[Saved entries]
◆ ◆ ◆ ◆
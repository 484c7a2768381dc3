//! Many events.
ghost use Rattle.std.specs.Prelude.{◌≡◌, ◌<◌, ◌≤◌, ◌+◌, ◌++◌, ◌∷◌, [], IfOk, OnOk, OnErr, vec_len, vec_capacity};
ghost use Rattle.bpf_model.specs.Drain.{AreScheduledAnswers};
ghost use Rattle.bpf_model.specs.Headline.{AreMachineAnswers, AreNeverStuck, AllExitInTime, AreReclaimedLate};
ghost use Rattle.bpf_model.specs.Refines.{TracksSchedule, Tracks};
ghost use Rattle.world_laws.specs.Reacting.{full_reaction, full_reactions};

use crate::world::World;
use bpf_model::{Answer, Event, are_real};
use std::alloc::{AllocError, Global};

/// Adds an answer where there is room for it.
fn push_answer(answers: &mut Vec<Answer>, answer: Answer)
    requires { vec_len answers.old < vec_capacity answers.old }
    ensures items { answers.new.items ≡ answers.old.items ++ answer ∷ [] }
    ensures len { vec_len answers.new ≡ vec_len answers.old + 1 }
    ensures room { vec_capacity answers.old ≤ vec_capacity answers.new }
{
    match answers.push(answer) {
        Ok(()) => (),
        Err(_) => unreachable!(),
    }
}

impl World {
    /// Adds the answer to an event where there is room for it. It is written where it stands.
    fn answer_last(&mut self, event: &Event, answers: &mut Vec<Answer>)
        requires { vec_len answers.old < vec_capacity answers.old }
        ensures items { answers.new.items
            ≡ answers.old.items ++ (full_reaction self.old event.now).0 ∷ [] }
        ensures new { self.new ≡ (full_reaction self.old event.now).1 }
        ensures len { vec_len answers.new ≡ vec_len answers.old + 1 }
        ensures room { vec_capacity answers.old ≤ vec_capacity answers.new }
    {
        push_answer(answers, Answer::Moved);
        match answers.last_mut() {
            Some(last) => self.apply_into(event, last),
            None => unreachable!(),
        }
    }

    /// Answers a list of events, one after another. The answers' memory is taken before the first of them.
    ///
    /// An error says that this memory was refused, and then no event was applied.
    pub fn run_all(&mut self, alloc: Global, events: &[Event]) -> Result<Vec<Answer>, AllocError>
        ensures answer { IfOk result (λ answers.
            answers.items ≡ (full_reactions self.old events.now).0) }
        ensures new { OnOk result (self.new ≡ (full_reactions self.old events.now).1) }
        ensures err { OnErr result (self.new ≡ self.old) }

        // The answers are those of a history of the machine with the runtime's choices, in which the drain law
        // holds.
        ensures schedule { IfOk result (λ answers.
            AreScheduledAnswers TracksSchedule self.old events.now answers.items self.new) }
        ensures answers { IfOk result (λ answers.
            AreMachineAnswers Tracks self.old events.now answers.items self.new) }

        // In every history with these answers no run is stuck, each exits in time, and elements are reclaimed
        // late.
        ensures never_stuck { IfOk result (λ answers.
            AreNeverStuck Tracks self.old events.now answers.items) }
        ensures exits { IfOk result (λ answers.
            AllExitInTime Tracks self.old events.now answers.items) }
        ensures reclaimed { IfOk result (λ answers.
            AreReclaimedLate Tracks self.old events.now answers.items) }
    {
        self.is_world();
        are_real(events);
        let mut answers = Vec::with_capacity(alloc, events.len())?;
        for event in events {
            self.answer_last(event, &mut answers);
        }
        Ok(answers)
    }
}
◆ ◆ ◆ ◆
» Exercise
Reproduce every line above. Keep it exact.

» Task response
repository 484c7a2768381dc3
//! Many events.
ghost use Rattle.std.specs.Prelude.{◌≡◌, ◌<◌, ◌≤◌, ◌+◌, ◌++◌, ◌∷◌, [], IfOk, OnOk, OnErr, vec_len, vec_capacity};
ghost use Rattle.bpf_model.specs.Drain.{AreScheduledAnswers};
ghost use Rattle.bpf_model.specs.Headline.{AreMachineAnswers, AreNeverStuck, AllExitInTime, AreReclaimedLate};
ghost use Rattle.bpf_model.specs.Refines.{TracksSchedule, Tracks};
ghost use Rattle.world_laws.specs.Reacting.{full_reaction, full_reactions};

use crate::world::World;
use bpf_model::{Answer, Event, are_real};
use std::alloc::{AllocError, Global};

/// Adds an answer where there is room for it.
fn push_answer(answers: &mut Vec<Answer>, answer: Answer)
    requires { vec_len answers.old < vec_capacity answers.old }
    ensures items { answers.new.items ≡ answers.old.items ++ answer ∷ [] }
    ensures len { vec_len answers.new ≡ vec_len answers.old + 1 }
    ensures room { vec_capacity answers.old ≤ vec_capacity answers.new }
{
    match answers.push(answer) {
        Ok(()) => (),
        Err(_) => unreachable!(),
    }
}

impl World {
    /// Adds the answer to an event where there is room for it. It is written where it stands.
    fn answer_last(&mut self, event: &Event, answers: &mut Vec<Answer>)
        requires { vec_len answers.old < vec_capacity answers.old }
        ensures items { answers.new.items
            ≡ answers.old.items ++ (full_reaction self.old event.now).0 ∷ [] }
        ensures new { self.new ≡ (full_reaction self.old event.now).1 }
        ensures len { vec_len answers.new ≡ vec_len answers.old + 1 }
        ensures room { vec_capacity answers.old ≤ vec_capacity answers.new }
    {
        push_answer(answers, Answer::Moved);
        match answers.last_mut() {
            Some(last) => self.apply_into(event, last),
            None => unreachable!(),
        }
    }

    /// Answers a list of events, one after another. The answers' memory is taken before the first of them.
    ///
    /// An error says that this memory was refused, and then no event was applied.
    pub fn run_all(&mut self, alloc: Global, events: &[Event]) -> Result<Vec<Answer>, AllocError>
        ensures answer { IfOk result (λ answers.
            answers.items ≡ (full_reactions self.old events.now).0) }
        ensures new { OnOk result (self.new ≡ (full_reactions self.old events.now).1) }
        ensures err { OnErr result (self.new ≡ self.old) }

        // The answers are those of a history of the machine with the runtime's choices, in which the drain law
        // holds.
        ensures schedule { IfOk result (λ answers.
            AreScheduledAnswers TracksSchedule self.old events.now answers.items self.new) }
        ensures answers { IfOk result (λ answers.
            AreMachineAnswers Tracks self.old events.now answers.items self.new) }

        // In every history with these answers no run is stuck, each exits in time, and elements are reclaimed
        // late.
        ensures never_stuck { IfOk result (λ answers.
            AreNeverStuck Tracks self.old events.now answers.items) }
        ensures exits { IfOk result (λ answers.
            AllExitInTime Tracks self.old events.now answers.items) }
        ensures reclaimed { IfOk result (λ answers.
            AreReclaimedLate Tracks self.old events.now answers.items) }
    {
        self.is_world();
        are_real(events);
        let mut answers = Vec::with_capacity(alloc, events.len())?;
        for event in events {
            self.answer_last(event, &mut answers);
        }
        Ok(answers)
    }
}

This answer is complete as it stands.